協会の主張・決議・要望

【12.12.15】1年の終わりに

平和と社会保障中心の政治に

 昨年は、3・11東日本大震災による津波と、東電福島原発事故による被害のあまりの大きさに、日本全体が茫然自失の1年であったような記憶がある。あれから一年以上たったこの時期、震災復興はままならず、原発事故の収束の見通しのないまま、まさかの年末衆議院解散総選挙となった。
 3年半前の政権交代以降、普天間基地問題で迷走した鳩山、TPP参加と消費税10%をぶち上げた菅、原発再稼働を許した野田と3代続いた民主党政権の成し得たこと、なし得なかったことへの総括と是非を問うことはもとより、昨年の天災と人災を教訓として、日本という国が来年以降どういう方向へ向かうのか、国民として責任ある厳しい選択をしなければならない大事な時を迎えている。
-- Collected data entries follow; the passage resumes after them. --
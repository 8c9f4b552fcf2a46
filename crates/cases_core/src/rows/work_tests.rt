use crate::rows::answer::CoreAnswer;
use crate::rows::call::CoreCall;
use crate::rows::setup::PAIR;
use crate::rows::signatures::{LONG_MAX, LONG_SUM, MAX, SUM};
use crate::rows::values::UpToThree;
use crate::rows::{CoreRow, assert_answers};
use coll_core::Phase;
use coll_kinds::{Refusal, Signature};

const OUT: CoreAnswer = CoreAnswer::Out(UpToThree::One(1), UpToThree::One(2));

// A combination that is handed out holds up its own request alone.
const BESIDE_RUNNING: &[CoreRow] = &[
    (CoreCall::Post(0, SUM, &[1]), CoreAnswer::Accepted),
    (CoreCall::Post(1, SUM, &[2]), CoreAnswer::Accepted),
    (CoreCall::StepsToWork, OUT),
    (CoreCall::Rest, CoreAnswer::Accepted),
    (CoreCall::Phase(0, 0), CoreAnswer::Phase(Phase::Done)),
    (CoreCall::Phase(1, 1), CoreAnswer::Phase(Phase::Pending)),
    (CoreCall::Quiet, CoreAnswer::Quiet(false)),
    (CoreCall::Commit, CoreAnswer::Finished),
    (CoreCall::Rest, CoreAnswer::Accepted),
    (CoreCall::Quiet, CoreAnswer::Quiet(true)),
    (CoreCall::Phase(0, 0), CoreAnswer::Phase(Phase::Done)),
    (CoreCall::Phase(1, 1), CoreAnswer::Phase(Phase::Done)),
];

#[test]
fn settle_beside_running(rt: HostRuntime) {
    assert_answers(&rt, rt.alloc(), &PAIR, BESIDE_RUNNING);
}

// An abandoned combination is handed out again by the next step.
const ABANDONED: &[CoreRow] = &[
    (CoreCall::Post(0, SUM, &[1]), CoreAnswer::Accepted),
    (CoreCall::Post(1, SUM, &[2]), CoreAnswer::Accepted),
    (CoreCall::StepsToWork, OUT),
    (CoreCall::Abandon, CoreAnswer::Accepted),
    (CoreCall::Lent, CoreAnswer::Lent(16)),
    (CoreCall::Step, OUT),
    (CoreCall::Commit, CoreAnswer::Finished),
    (CoreCall::Rest, CoreAnswer::Accepted),
    (
        CoreCall::Retire(0, 0),
        CoreAnswer::Outcome(0, 0, UpToThree::One(3)),
    ),
    (
        CoreCall::Retire(1, 1),
        CoreAnswer::Outcome(0, 0, UpToThree::One(3)),
    ),
];

const STALE: CoreAnswer = CoreAnswer::Refused(Refusal::Stale);

// Another engine has handed out a combination of the same ticket, with another operation or another operand. What it computed
// is refused, and the engine's own work is still accepted.
fn foreign(
    sum: Signature,
    max: Signature,
    operands: [UpToThree; 2],
    value: UpToThree,
) -> [CoreRow; 16] {
    let [left, right] = operands;
    [
        (CoreCall::PostEqual(0, sum, 1), CoreAnswer::Accepted),
        (CoreCall::PostEqual(1, sum, 2), CoreAnswer::Accepted),
        (CoreCall::StepsToWork, CoreAnswer::Out(left, right)),
        (CoreCall::CommitForeign(max, [1, 2]), STALE),
        (CoreCall::CommitForeign(sum, [3, 2]), STALE),
        (CoreCall::CommitForeign(sum, [1, 3]), STALE),
        (CoreCall::AbandonForeign(max, [1, 2]), STALE),
        (CoreCall::AbandonForeign(sum, [1, 3]), STALE),
        (CoreCall::Quiet, CoreAnswer::Quiet(false)),
        (CoreCall::Rest, CoreAnswer::Accepted),
        (CoreCall::Phase(1, 1), CoreAnswer::Phase(Phase::Pending)),
        (CoreCall::Lent, CoreAnswer::Lent(u64::from(sum.count) * 16)),
        (CoreCall::Commit, CoreAnswer::Finished),
        (CoreCall::Quiet, CoreAnswer::Quiet(true)),
        (CoreCall::Retire(0, 0), CoreAnswer::Outcome(0, 0, value)),
        (CoreCall::Retire(1, 1), CoreAnswer::Outcome(0, 0, value)),
    ]
}

// A combination is accepted once.
const SPENT: &[CoreRow] = &[
    (CoreCall::Post(0, SUM, &[1]), CoreAnswer::Accepted),
    (CoreCall::Post(1, SUM, &[2]), CoreAnswer::Accepted),
    (CoreCall::AbandonForeign(SUM, [1, 2]), STALE),
    (CoreCall::StepsToWork, OUT),
    (CoreCall::Commit, CoreAnswer::Finished),
    (CoreCall::AbandonForeign(SUM, [1, 2]), STALE),
    (CoreCall::CommitForeign(SUM, [1, 2]), STALE),
];

#[test]
fn abandoned_and_foreign_work(rt: HostRuntime) {
    assert_answers(&rt, rt.alloc(), &PAIR, ABANDONED);
    assert_answers(&rt, rt.alloc(), &PAIR, SPENT);
    let few = UpToThree::One(3);
    let rows = foreign(SUM, MAX, [UpToThree::One(1), UpToThree::One(2)], few);
    assert_answers(&rt, rt.alloc(), &PAIR, &rows);
    let many = UpToThree::Other(65_536);
    let rows = foreign(LONG_SUM, LONG_MAX, [many, many], many);
    assert_answers(&rt, rt.alloc(), &PAIR, &rows);
}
 前回総選挙時のマニフェストが守れなかったばかりか、マニフェストになかった消費税増税、TPPへの参加推進、さらに脱原発問題等で国民の声を無視し、国民の期待を裏切って新自由主義的構造改革を推し進めようとした民主党政権。半世紀にわたり続いた自民党政治の汚泥を取り除いて欲しいという国民の願いに応えることは残念ながら出来なかった。わずか3年余で答えを出すというのは気の毒ではあるが、国民の目はそんなに甘くはない。ただ、ここですんなり自民党が政権の座に戻るとしても、政治の後戻りだけはして欲しくない。
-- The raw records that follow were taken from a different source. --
//! The core's calls, each with its answer. They have no contracts: rows and random jobs compare the answers.

use crate::rows::answer::CoreAnswer;
use crate::rows::setup::CoreSetup;
use coll_core::{Contribution, Core, DoneWork, Offer, Stepped, Work};
use coll_kinds::{Refusal, Ticket};
use coll_plans::Plan;
use std::alloc::Global;

pub fn open(alloc: Global, setup: &CoreSetup) -> Result<Core, Refusal> {
    let config = setup.config(alloc)?;
    Core::open(alloc, config)
}

pub fn post(core: &mut Core, rank: u8, comm: u32, offer: Offer) -> Result<Ticket, CoreAnswer> {
    match core.post(rank, comm, offer) {
        Ok(ticket) => Ok(ticket),
        Err(refused) => Err(CoreAnswer::Back(refused.why, refused.back.bytes.len())),
    }
}

pub fn init(core: &mut Core, rank: u8, comm: u32, plan: Plan) -> Result<Ticket, CoreAnswer> {
    match core.init(rank, comm, plan) {
        Ok(ticket) => Ok(ticket),
        Err(refused) => Err(CoreAnswer::Refused(refused.why)),
    }
}

pub fn start(core: &mut Core, rank: u8, ticket: Ticket, bytes: Contribution) -> CoreAnswer {
    match core.start(rank, ticket, bytes) {
        Ok(()) => CoreAnswer::Accepted,
        Err(refused) => CoreAnswer::Back(refused.why, refused.back.len()),
    }
}

pub fn free(core: &mut Core, rank: u8, ticket: Ticket) -> CoreAnswer {
    CoreAnswer::of_call(core.free(rank, ticket))
}

pub fn phase(core: &Core, rank: u8, ticket: Ticket) -> CoreAnswer {
    match core.phase(rank, ticket) {
        Ok(phase) => CoreAnswer::Phase(phase),
        Err(why) => CoreAnswer::Refused(why),
    }
}

pub fn about(core: &Core, ticket: Ticket) -> CoreAnswer {
    CoreAnswer::About(core.about(ticket))
}

pub fn retire(core: &mut Core, rank: u8, ticket: Ticket) -> CoreAnswer {
    match core.retire(rank, ticket) {
        Ok(Some(outcome)) => CoreAnswer::of_outcome(&outcome),
        Ok(None) => CoreAnswer::Unfinished,
        Err(why) => CoreAnswer::Refused(why),
    }
}

pub fn lent(core: &Core) -> CoreAnswer {
    CoreAnswer::Lent(core.lent())
}

pub fn quiet(core: &Core) -> CoreAnswer {
    CoreAnswer::Quiet(core.quiet())
}

/// A step, with the combination that it handed out.
pub fn step(core: &mut Core) -> (CoreAnswer, Option<Work>) {
    match core.step() {
        Ok(Stepped::Quiet) => (CoreAnswer::Still, None),
        Ok(Stepped::Moved) => (CoreAnswer::Moved, None),
        Ok(Stepped::Finished) => (CoreAnswer::Finished, None),
        Ok(Stepped::Out(work)) => (CoreAnswer::of_work(&work), Some(work)),
        Err(why) => (CoreAnswer::Refused(why), None),
    }
}

pub fn settle(core: &mut Core) -> CoreAnswer {
    match core.settle() {
        Ok(actions) => CoreAnswer::Settled(actions),
        Err(why) => CoreAnswer::Refused(why),
    }
}

pub fn rest(core: &mut Core) -> CoreAnswer {
    match core.settle() {
        Ok(_) => CoreAnswer::Accepted,
        Err(why) => CoreAnswer::Refused(why),
    }
}

/// Computes a combination and commits it.
pub fn finish(core: &mut Core, work: Work) -> CoreAnswer {
    match work.run() {
        Ok(done) => commit(core, done),
        Err(refused) => {
            refused.back.discard();
            CoreAnswer::Refused(refused.why)
        }
    }
}

fn commit(core: &mut Core, done: DoneWork) -> CoreAnswer {
    match core.commit(done) {
        Ok(stepped) => {
            if stepped.has_finished() {
                CoreAnswer::Finished
            } else {
                CoreAnswer::Moved
            }
        }
        Err(why) => CoreAnswer::Refused(why),
    }
}

pub fn abandon(core: &mut Core, work: Work) -> CoreAnswer {
    CoreAnswer::of_call(core.abandon(work))
}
 そんな中、消費税増税反対、TPP反対、原発廃止の3点で合意した嘉田滋賀県知事を中心とする新しい政治の流れが生まれつつある。これらの動きが、国民の各層の中の、後戻りしたくない、明るい未来につなげたいという期待感を裏切らないことを祈りたい。
 一方、安倍自民党、石原・橋下維新の会の危うい右傾化には国民はどう反応するのだろうか。憲法改定、自衛隊を国防軍へ。まるで日本を戦争出来る国にしようとしている。国民は怖さを感じないのだろうか。バランス感覚に優れた日本人は極端な右傾化、左傾化に陥らないと思うが、主権者たる国民として確かな選択をして欲しいものである。
 我々は、憲法9条を守り、日本だけでなく世界の平和に寄与し、憲法25条を守り社会保障を中心とした安心安全な国作りに励む、そういう政治を目指す議員を選ぶことで、来年が明るい希望に満ちた年になることを切に願うものである。